I have a question about CPython release artifacts. I maintain cibuildwheel, and part of that project downloads and installs Python distributions from Python.org. For reproducibility, we hardcode the URLs that we’re downloading CPython from.

Earlier today we got a few messages from users that their builds were failing, because cibuildwheel couldn’t find a CPython download. The macOS 3.10.0 release used to be available at:

https://www.python.org/ftp/python/3.10.0/python-3.10.0-macos11.pkg

But that gives a 404 now. According to the downloads API, and the download button on Python.org, it seems that the correct URL is now-

https://www.python.org/ftp/python/3.10.0/python-3.10.0post2-macos11.pkg

I was wondering if this was a deliberate change? I don’t think I’ve seen a release file disappear before (though I have certainly yanked a package from PyPI, I’ve been there!). I suppose I had hoped that release artefacts wouldn’t disappear like this - or maybe this is a very unusual case?

cc @pablogsal

1 Like

I concur. We’ve been seeing this in the PyArrow CI as well (example).

It would be very nice if download URLs for Python binaries could remain regular and predictable.

2 Likes

I’m sorry for the disruptions here. This was a result of providing an updated 3.10.0 macOS installer to address a critical problem for IDLE and tkinter users who have updated to macOS 12 Monterey; see the discussion here for more details. An announcement about it (other than in the bug issue) will be made with the 3.9.8 and 3.11.0a2 announcement which was supposed to happen today but has been delayed a day. I take responsibility for persuading Pablo and the rest of the release team that doing a stealth update of the installer file was a bad idea based on my apparently mistaken idea that few, if anyone, make assumptions about the format of the URL We really don’t make any guarantees about that format, it does change now and then, and this was an exceptional situation. Despite my misgivings about stealth updates, I have now made the updated installer also available under the original download URL. Again, sorry for the disruption though I’m glad to see people are depending on what we provide.

4 Likes

Hi Ned, thank you for getting back to me, and for maintaining these macOS binaries!

Absolutely, I understand. Pleased to hear that this was an unusual situation.

By the way, we don’t make any assumptions about the format of the URL in cibuildwheel, we get the URL from the downloads API. But we do bake a specific download URL into each release (for reproducibility), so if a previously working URL goes 404, that gives us a problem.

Thanks @joerick for the ping!

As @nad was mentioning, this was unfortunately a very unique situation so this won’t happen on a regular basis, but from now on we will make sure that we don’t invalidate URLs going forward if we can (and if we do we will send very noisy announcements).

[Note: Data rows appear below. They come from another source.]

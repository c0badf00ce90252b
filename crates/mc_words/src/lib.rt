#![tactic(auto)]

//! Words, names of applications, the limit of code, and counted steps.

mod aid;
mod ledger;
mod limits;

pub use aid::Aid;
pub use ledger::Steps;
pub use limits::{MOST_CODE, limits_code};
pub use model_device;
pub use model_device::{NoMemory, Stop, bytes_of, number_of};

/// A word of a device: eight bytes, all numbers big endian.
pub type Word = [u8; 8];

Thanks for your patience and understanding :slight_smile:

1 Like

In my opinion the hash of a URL to an installer should never change. Doesn’t cibuildwheel validate downloads against an off-site checksum?

One way to approach overriding packages would be for the PSF to maintain a manifest of the releases like in this CPython file from github actions or this PyPy one maintained by the PyPy team (me). The PyPy one has a latest_pypy field to indicate that, if the user specifies a python version of which there can be many choices, this is the one to use. The checksums are available at a separate page (to reduce the risk of a bad actor changing links), and should not change once a package is released.

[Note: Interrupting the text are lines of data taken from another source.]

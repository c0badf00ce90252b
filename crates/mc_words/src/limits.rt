// The limits of an application.
ghost use Rattle.std.specs.Prelude.{◌≡◌};
ghost use Rattle.model_device.specs.Limits.{most_code};

/// The most bytes of an application's code.
pub const MOST_CODE: usize = 8192;

/// The limit of code is that of the definitions.
pub fn limits_code()
    ensures { MOST_CODE ≡ most_code }
{}
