/// Each call on its happy path, and its refusals in one session.
const CALLS: [Act; 53] = [
    Tick,
    Begin(1),
    FreeOid(7, Some(7)),
    Create(1, 7, Done),
    Create(1, 7, Refused(Cause::ObjectExists, 7)),
    Write(1, 7, 0, b"hello", Done),
    Size(Own(1), 7, 5),
    Size(Committed, 7, 0),
    Exists(Own(1), 7, true),
    Exists(Committed, 7, false),
    Reads(Own(1), 7, 0, 8, b"hello"),
    Reads(Own(1), 7, 3, 1, b"l"),
    Reads(Own(1), 7, 5, 4, b""),
    Reads(Own(1), 7, 0, 0, b""),
    Reads(Committed, 7, 0, 4, b""),
    // An open edit takes a number as an object does.
    FreeOid(7, Some(8)),
    FreeOid(1, Some(1)),
    FreeOid(4294967295, Some(4294967295)),
    FreeOid(4294967296, None),
    NextObject(Own(1), 0, Some(7)),
    NextObject(Own(1), 8, None),
    NextObject(Committed, 0, None),
    NextBlock(Own(1), 7, 0, Some(0)),
    NextBlock(Own(1), 7, 1, None),
    Commit(1),
    Exists(Committed, 7, true),
    Reads(Committed, 7, 0, 5, b"hello"),
    FreeOid(7, Some(8)),
    Tick,
    Begin(2),
    Cut(2, 7, 2, Done),
    Reads(Own(2), 7, 0, 8, b"he"),
    Vacuum,
    Reads(Committed, 7, 0, 8, b"hello"),
    Commit(2),
    Size(Committed, 7, 2),
    Tick,
    Begin(1),
    Write(1, 7, 4, b"", Done),
    Size(Own(1), 7, 2),
    Unlink(1, 7, Done),
    Unlink(1, 7, Refused(Cause::NoObject, 7)),
    Write(1, 7, 0, b"x", Refused(Cause::NoObject, 7)),
    Cut(1, 7, 0, Refused(Cause::NoObject, 7)),
    Exists(Committed, 7, true),
    FreeOid(7, Some(8)),
    Commit(1),
    FreeOid(7, Some(7)),
    NextObject(Committed, 0, None),
    Vacuum,
    Exists(Committed, 7, false),
    Size(Committed, 7, 0),
    NextBlock(Committed, 7, 0, None),
];

#[test]
fn each_call(rt: HostRuntime) {
    run(&rt, rt.alloc(), &CALLS);
}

Ideally the download should be easily done on a bash or cmd.exe command line using just the desired version number. If that involves parsing an intermediate file, hopefully some snippets can be published that people can just copy and paste.

I’ve been intending to add this, the fact that the download can just change like this and it still works is worrisome, IMO. We check hashes for PyPI, just not the Python downloads (yet). I’d also like a manifest solution, something where 3.10.0 would resolve to 3.10.0post2, but where you could also pin 3.10.0 and use a hash, as otherwise the download is not secure.

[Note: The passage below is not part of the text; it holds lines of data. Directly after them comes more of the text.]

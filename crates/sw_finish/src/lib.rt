//! The finisher: workers that look for a class that joins, and the record where none does.
#![tactic(auto)]

mod finding;
pub mod finishing;
mod joining;

pub use finishing::{Finished, finish};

This case it’s okay (from cibuildwheel’s side) since we don’t have a hash yet and if we add one, it would be pointing at post2 anyway, but in the future, it could be more problematic. Hopefully it will be a rare occurrence!

Here is a start to get the darwin 3.8.12 filename from the PyPy versions.json I linked to before, and to get the checksum from the webpage. It uses wget and jq. Note the use of latest_pypy to pick between various 3.8.12 downloads (there is only one, but conceivably this could be extended to regex 3.8.* and choose the latest:

filename=$(wget -qO- https://downloads.python.org/pypy/versions.json \
   | jq -r '.[] | select(.python_version == "3.8.12" and .latest_pypy) \
   | .files[] | select(.platform == "darwin") | .filename')
checksum = $(wget -qO- https://pypy.org/checksums.html \
    | grep $filename | cut -f1 -d' ')

Thanks. There should be an official method published somewhere in the downloads area, though. Also, it’s better if it doesn’t bring non-standard dependencies (is jq available by default on macOS or other plaforms, for example?).

Another possibility would be to simply publish “latest” URLs that would redirect to the actual download. For example a 3.10-latest download.